April 17, 2008

Tristan & Isolde

This is a medieval tale of a love triangle between Isolde the princess of Ireland, Lord Marke the Cornish King, and his adopted son Tristan. Tristan loves Lord Marke as a father. Marke loves Tristan as a son. The beautiful Isolde is loved by and loves both men. Despite all of this love, politics are at the center of this love story.

I was initially excited to watch this film yet in the end disappointed. I didn't have any real sense of compassion for the characters involved nor the political situation they were in because the film makers didn't take enough time to make them important to the viewer. Some of this could have been caused by some of the editing or choice of shots as well. Several times a scene would end prematurely making me feel like I needed just a few seconds more to digest it. The love stories felt "almost" real, but in the end I didn't really care about the characters.

The "kingdoms" of Ireland and England seemed a bit deflated as well. The sets looked more like the forts that were made in America's west. In fact, the "castle" in Cornwall reminded me more of Fort Mandan than a great kingdom of England.

I wanted this film to be a great love story that pulled me in and made me fall in love with the characters and their time. I felt let down instead and left wanting more.

Food: Turkey Leg
Drink: Mead

April 8, 2008

Planet Earth

Planet Earth is a BBC created documentary that comes to you in a 5 DVD collection. The photography is phenomenal. I have only watched disc one so far, but am hoping that the quality continues in this series that really makes me appreciate the world I live in. All together, there are 11 documentaries in this series each dealing with a different ecosystem and a final documentary that looks at the future of our planet.  It is masterfully narrated by David Attenborough whose voice knows just how to fluctuate to draw you further into the beautiful imagery.

This was a joy to watch with my 5 year old daughter. She was so inquisitive about everything on screen that we have had numerous conversations in the last 2 days about climate, mountains, animals as well as animals eating other animals. She has decided that if she was a wolf or a crocodile or a snow leopard that she would be nice to the other animals rather than eat them.

The cinematography blew me away. I kept wishing my television was an IMAX screen so that I could have a closer experience. My TV didn't do the film justice. There is a shot of some migrating birds that you initially look at and think, "Gee, that's a lot of birds." Then the camera starts to pull back and back and back. Now, THAT'S a lot of birds.

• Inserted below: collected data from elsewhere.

//! Bitmaps that can be changed and grow. A growth that fails leaves the marks as they were.
ghost use Rattle.std.specs.Prelude.{◌≡◌, ◌<◌, ◌+◌, ◌==◌, [], ◌∷◌, ◌++◌, count_by, length, not};
ghost use Rattle.std.specs.Prelude.{replicate, slice_get, slice_set, take, Some, OnOk, IfOk, IfErr};
ghost use Rattle.std.specs.Prelude.{MatchOption, drop, ◌*◌, ◌≤◌, vec_len, IsOk};
ghost use Rattle.arrow_types.specs.Failures.{OnlyOutOfMemory, OutOfMemoryKeeps};
ghost use Rattle.arrow_bitmap.specs.Marks.{bits_of, marks, bits_past_bytes};
ghost use Rattle.arrow_types.specs.Types.{refusal};

use crate::bits::{
    count_clear_first, extend_marks, fits_bytes, mark_of, masked_mark_of, push_mark, write_mark,
};
use crate::copy::extend_from_marks;
use crate::marks::Marks;
use crate::pack::pack;
use crate::words::extend_from_word;
use crate::{Bitmap, BitmapIter};
use arrow_types::error::Error;
use std::alloc::Global;
use std::marker::Model;

/// A growing list of marks, packed eight to a byte, the least significant bit first (Arrow columnar
/// format, "Validity bitmaps").
#[derive(Drop)]
pub struct MutableBitmap {
    bytes: Vec<u8>,
    length: usize,
}

// Contracts see the marks. Bits past the last mark don't count.
impl Model for MutableBitmap {
    ghost use Rattle.std.specs.Prelude.{List, Bool, ◌*◌, ◌≤◌, vec_len};
    ghost use Rattle.arrow_bitmap.specs.Marks.{marks};

    ghost Value = { List Bool };

    ghost view = { λ bitmap. marks bitmap.bytes.items 0 bitmap.length };

    ghost invariant = { λ bitmap. bitmap.length ≤ 8 * vec_len bitmap.bytes };
}

#[tactic(auto, using(crate::proofs::MarkLemmas::mark_steps))]
impl MutableBitmap {
    /// Creates an empty bitmap. Does not allocate.
    pub fn new(alloc: Global) -> Self
        ensures { result ≡ [] }
    {
        MutableBitmap {
            bytes: Vec::new(alloc),
            length: 0,
        }
    }

    /// Creates an empty bitmap, as [`MutableBitmap::new`].
    pub fn default(alloc: Global) -> Self
        ensures { result ≡ [] }
    {
        MutableBitmap::new(alloc)
    }

    /// Creates a bitmap of the first `length` marks of packed bytes.
    pub fn from_bytes(bytes: Vec<u8>, length: usize) -> Self
        requires { length ≤ 8 * vec_len bytes }
        ensures { result ≡ marks bytes.items 0 length }
    {
        MutableBitmap { bytes, length }
    }

    /// Returns the packed bytes without copying them. They may have more bits than there are marks.
    pub fn into_vec(self) -> Vec<u8>
        ensures room { length self ≤ 8 * vec_len result }
        ensures value { marks result.items 0 (length self) ≡ self }
    {
        let MutableBitmap { bytes, length: _ } = self;
        bytes
    }

    /// Creates a bitmap of the first `length` marks of packed bytes, without copying them. The
    /// bytes may have more bits.
    ///
    /// # Errors
    /// `OutOfSpec` if the bytes have fewer than `length` bits; they are then dropped.
    pub fn try_new(bytes: Vec<u8>, length: usize) -> Result<Self, Error>
        ensures ok { IfOk result (λ bitmap. (length ≤ 8 * vec_len bytes) × (bitmap ≡ marks bytes.items 0 length)) }
        ensures err { IfErr result (λ e. (8 * vec_len bytes < length) × (refusal e ≡ bits_past_bytes)) }
    {
        fits_bytes(bytes.len(), length)?;
        Ok(MutableBitmap { bytes, length })
    }

    /// Creates a bitmap from booleans.
    ///
    /// # Errors
    /// `OutOfMemory` if an allocation fails.
    pub fn from_slice(alloc: Global, slice: &[bool]) -> Result<Self, Error>
        ensures ok { IfOk result (λ bitmap. bitmap ≡ slice.now) }
        ensures err { OnlyOutOfMemory result }
    {
        let bytes = pack(alloc, slice)?;
        Ok(MutableBitmap::from_bytes(bytes, slice.len()))
    }

    /// Creates an empty bitmap with room for at least `capacity` marks.
    ///
    /// # Errors
    /// `OutOfMemory` if an allocation fails.
    pub fn with_capacity(alloc: Global, capacity: usize) -> Result<Self, Error>
        ensures ok { IfOk result (λ bitmap. bitmap ≡ []) }
        ensures err { OnlyOutOfMemory result }
    {
        Ok(MutableBitmap {
            bytes: Vec::with_capacity(alloc, capacity.div_ceil(8))?,
            length: 0,
        })
    }

    /// Reserves room for at least `additional` more marks.
    ///
    /// # Errors
    /// `OutOfMemory` if an allocation fails.
    pub fn reserve(&mut self, additional: usize) -> Result<(), Error>
        ensures kept { self.new ≡ self.old }
        ensures err { OnlyOutOfMemory result }
    {
        let needed = self.length.saturating_add(additional).div_ceil(8);
        self.bytes.reserve(needed.saturating_sub(self.bytes.len()))?;
        Ok(())
    }

    /// Gives unused room back to the allocator, if it takes it.
    ///
    /// # Errors
    /// Never: if the allocator refuses a smaller allocation, the room stays.
    pub fn shrink_to_fit(&mut self) -> Result<(), Error>
        ensures kept { self.new ≡ self.old }
        ensures ok { IsOk result }
    {
        self.bytes.truncate(self.length.div_ceil(8));
        self.bytes.shrink_to_fit();
        Ok(())
    }

    /// Returns a copy.
    ///
    /// # Errors
    /// `OutOfMemory` if an allocation fails.
    pub fn clone(&self) -> Result<Self, Error>
        ensures ok { IfOk result (λ bitmap. bitmap ≡ self.now) }
        ensures err { OnlyOutOfMemory result }
    {
        Ok(MutableBitmap {
            bytes: self.bytes.clone()?,
            length: self.length,
        })
    }

    /// Returns the number of marks.
    pub fn len(&self) -> usize
        ensures { result ≡ length self.now }
    {
        self.length
    }

    /// Returns whether there is no mark.
    #[inline(always)]
    pub fn is_empty(&self) -> bool
        ensures { result ≡ (length self.now == 0) }
    {
        self.length == 0
    }

    /// Returns the mark at `index`.
    pub fn get(&self, index: usize) -> bool
        requires { index < length self.now }
        ensures { slice_get self.now index ≡ Some result }
    {
        mark_of(&self.bytes, index)
    }

    /// Sets the mark at `index`.
    pub fn set(&mut self, index: usize, value: bool)
        requires { index < length self.old }
        ensures { self.new ≡ slice_set self.old index value }
    {
        write_mark(&mut self.bytes, index, value);
    }

    /// Appends a mark.
    ///
    /// # Errors
    /// `OutOfMemory` if an allocation fails; the marks are then unchanged.
    #[inline(always)]
    pub fn push(&mut self, value: bool) -> Result<(), Error>
        ensures ok { OnOk result (self.new ≡ self.old ++ value ∷ []) }
        ensures err { OutOfMemoryKeeps result self.old self.new }
    {
        let Some(length) = self.length.checked_add(1) else {
            return Err(Error::OutOfMemory);
        };
        push_mark(&mut self.bytes, self.length, value)?;
        self.length = length;
        Ok(())
    }

    /// Returns the marks, which are borrowed.
    #[inline(always)]
    pub(crate) fn marks(&self) -> Marks<'_>
        ensures { result ≡ self.now }
    {
        Marks::new(&self.bytes, 0, self.length)
    }

    /// Removes and returns the last mark; `None` if there is none.
    #[inline(always)]
    pub fn pop(&mut self) -> Option<bool>
        ensures { MatchOption result ((self.old ≡ []) × (self.new ≡ [])) (λ mark. self.old ≡ self.new ++ mark ∷ []) }
    {
        if self.length == 0 {
            return None;
        }
        self.length -= 1;
        Some(masked_mark_of(&self.bytes, self.length))
    }

    /// Keeps only the first `len` marks.
    pub fn truncate(&mut self, len: usize)
        requires { len ≤ length self.old }
        ensures { self.new ≡ take len self.old }
    {
        self.length = len;
    }

    /// Returns the allocator of the bytes, which contracts do not see.
    pub fn allocator(&self) -> Global {
        *self.bytes.allocator()
    }

    /// Appends `additional` equal marks, whole bytes at a time.
    ///
    /// # Errors
    /// `OutOfMemory` if an allocation fails or the length would pass `usize::MAX`; the marks are
    /// then unchanged.
    #[inline(always)]
    pub fn extend_constant(&mut self, additional: usize, value: bool) -> Result<(), Error>
        ensures ok { OnOk result (self.new ≡ self.old ++ replicate additional value) }
        ensures err { OutOfMemoryKeeps result self.old self.new }
    {
        let Some(end) = self.length.checked_add(additional) else {
            return Err(Error::OutOfMemory);
        };
        extend_marks(&mut self.bytes, self.length, end, value)?;
        self.length = end;
        Ok(())
    }

    /// Appends the marks of another bitmap, whole bytes at a time.
    ///
    /// # Errors
    /// `OutOfMemory` if an allocation fails or the length would pass `usize::MAX`; the marks are
    /// then unchanged.
    pub fn extend_from_bitmap(&mut self, other: &MutableBitmap) -> Result<(), Error>
        ensures ok { OnOk result (self.new ≡ self.old ++ other.now) }
        ensures err { OutOfMemoryKeeps result self.old self.new }
    {
        let Some(end) = self.length.checked_add(other.length) else {
            return Err(Error::OutOfMemory);
        };
        extend_from_marks(&mut self.bytes, self.length, &other.marks())?;
        self.length = end;
        Ok(())
    }

    /// Appends the `len` marks of a frozen bitmap from `offset` on, whole bytes at a time.
    ///
    /// # Errors
    /// `OutOfMemory` if an allocation fails or the length would pass `usize::MAX`; the marks are
    /// then unchanged.
    pub fn extend_from_range(
        &mut self,
        other: &Bitmap,
        offset: usize,
        len: usize,
    ) -> Result<(), Error>
        requires { offset + len ≤ length other.now }
        ensures ok { OnOk result (self.new ≡ self.old ++ take len (drop offset other.now)) }
        ensures err { OutOfMemoryKeeps result self.old self.new }
    {
        let Some(end) = self.length.checked_add(len) else {
            return Err(Error::OutOfMemory);
        };
        extend_from_marks(
            &mut self.bytes,
            self.length,
            &other.marks().range(offset, len),
        )?;
        self.length = end;
        Ok(())
    }

    /// Appends the first `count` bits of a word, at most 64, the least significant first.
    ///
    /// # Errors
    /// `OutOfMemory` if an allocation fails or the length would pass `usize::MAX`; the marks are
    /// then unchanged.
    #[inline(always)]
    pub fn extend_from_word(&mut self, word: u64, count: usize) -> Result<(), Error>
        requires { count ≤ 64 }
        ensures ok { OnOk result (self.new ≡ self.old ++ bits_of word count) }
        ensures err { OutOfMemoryKeeps result self.old self.new }
    {
        let Some(end) = self.length.checked_add(count) else {
            return Err(Error::OutOfMemory);
        };
        extend_from_word(&mut self.bytes, self.length, word, count)?;
        self.length = end;
        Ok(())
    }

    /// Counts the clear marks, eight bytes at a time.
    pub fn unset_bits(&self) -> usize
        ensures { result ≡ count_by not self.now }
    {
        count_clear_first(&self.bytes, self.length)
    }

    /// Returns an iterator over the marks.
    pub fn iter(&self) -> BitmapIter<'_>
        ensures { result ≡ self.now }
    {
        BitmapIter::new(&self.bytes, 0, self.length)
    }

    /// Converts the bitmap into an immutable one.
    ///
    /// # Errors
    /// `OutOfMemory` if an allocation fails; the marks are then dropped.
    pub fn freeze(self) -> Result<Bitmap, Error>
        ensures ok { IfOk result (λ bitmap. bitmap ≡ self) }
        ensures err { OnlyOutOfMemory result }
    {
        let MutableBitmap { bytes, length } = self;
        Bitmap::from_bytes(bytes, length)
    }

    /// Converts the bitmap into an immutable one, given its number of clear marks, which is not
    /// counted again.
    ///
    /// # Errors
    /// `OutOfMemory` if an allocation fails; the marks are then dropped.
    pub fn freeze_counted(self, unset: usize) -> Result<Bitmap, Error>
        requires { unset ≡ count_by not self }
        ensures ok { IfOk result (λ bitmap. bitmap ≡ self) }
        ensures err { OnlyOutOfMemory result }
    {
        let MutableBitmap { bytes, length } = self;
        Bitmap::from_counted(bytes, length, unset)
    }
}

Seriously consider renting this series.  It is many hours of television viewing, but well worth your time.  

5 out of 5 stars

What to eat with this documentary delight?  Perhaps a fruit & vegetable plate.  Maybe a bit of cheese.  Oh and a good wine, red or white will do. 

April 1, 2008

The Brain From Planet Arous

What would you do if you suddenly noticed concentrated bursts of gamma radiation coming from a nearby mountain? If you're anything like scientist Steve March, you grab your geiger counter and your best friend, leave your fiancee and her father to wash the dishes, and you go over there, that's what you do.

Enter Gor, a floating brain with eyes. He hijacks Steve's body and threatens every country on Earth and comes on to his fiancee, Sally. She and her father find help in another brain, Val, and together they must stop Gor from taking over the world.

Brain has all the staples of a typical 50s sci fi story: hobnobbing men who sweet-talk their loved ones into submission, goofy aliens, and complete trust in the US government. What sets this one apart is John Agar's portrayal of Steve, a man possessed by a criminal alien mind. When he's under Gor's influence he becomes genuinely scary, and you aren't sure what he might do. He even gets to wear cool black contacts. Look for an especially creepy shot of his possessed face from behind a glass water cooler as he tries to conceal his anguish.

The film spends a lot of time on the cheesy transparency-like effect of Gor going in and out of Steve's body. And there are several props that are so good you can even see the strings. So if you like horrible special effects you won't be disappointed. 

Beyond their need to save Steve, Sally and her father don't have much to do. And their reaction to meeting the good-guy-alien-brain is anything but convincing. They might act the same way if they were meeting an estranged family member.

The voice of Gor sounded like all men from that era -- old radio announcers who smoked. But I liked his attraction to Sally. He was a better kisser than Steve until he got forceful, another risky play for an older movie.

The music was odd, it sounded like Benny Goodman wanted to try his hand at scoring a science fiction movie. But it kept the pace going.

I give The Brain From Planet Arous 3.5 stars, one for each character.

What to eat with this movie: grilled tilapia on rice pilaf with a diet caffeine-free soda. Good brain food with a hint of camp.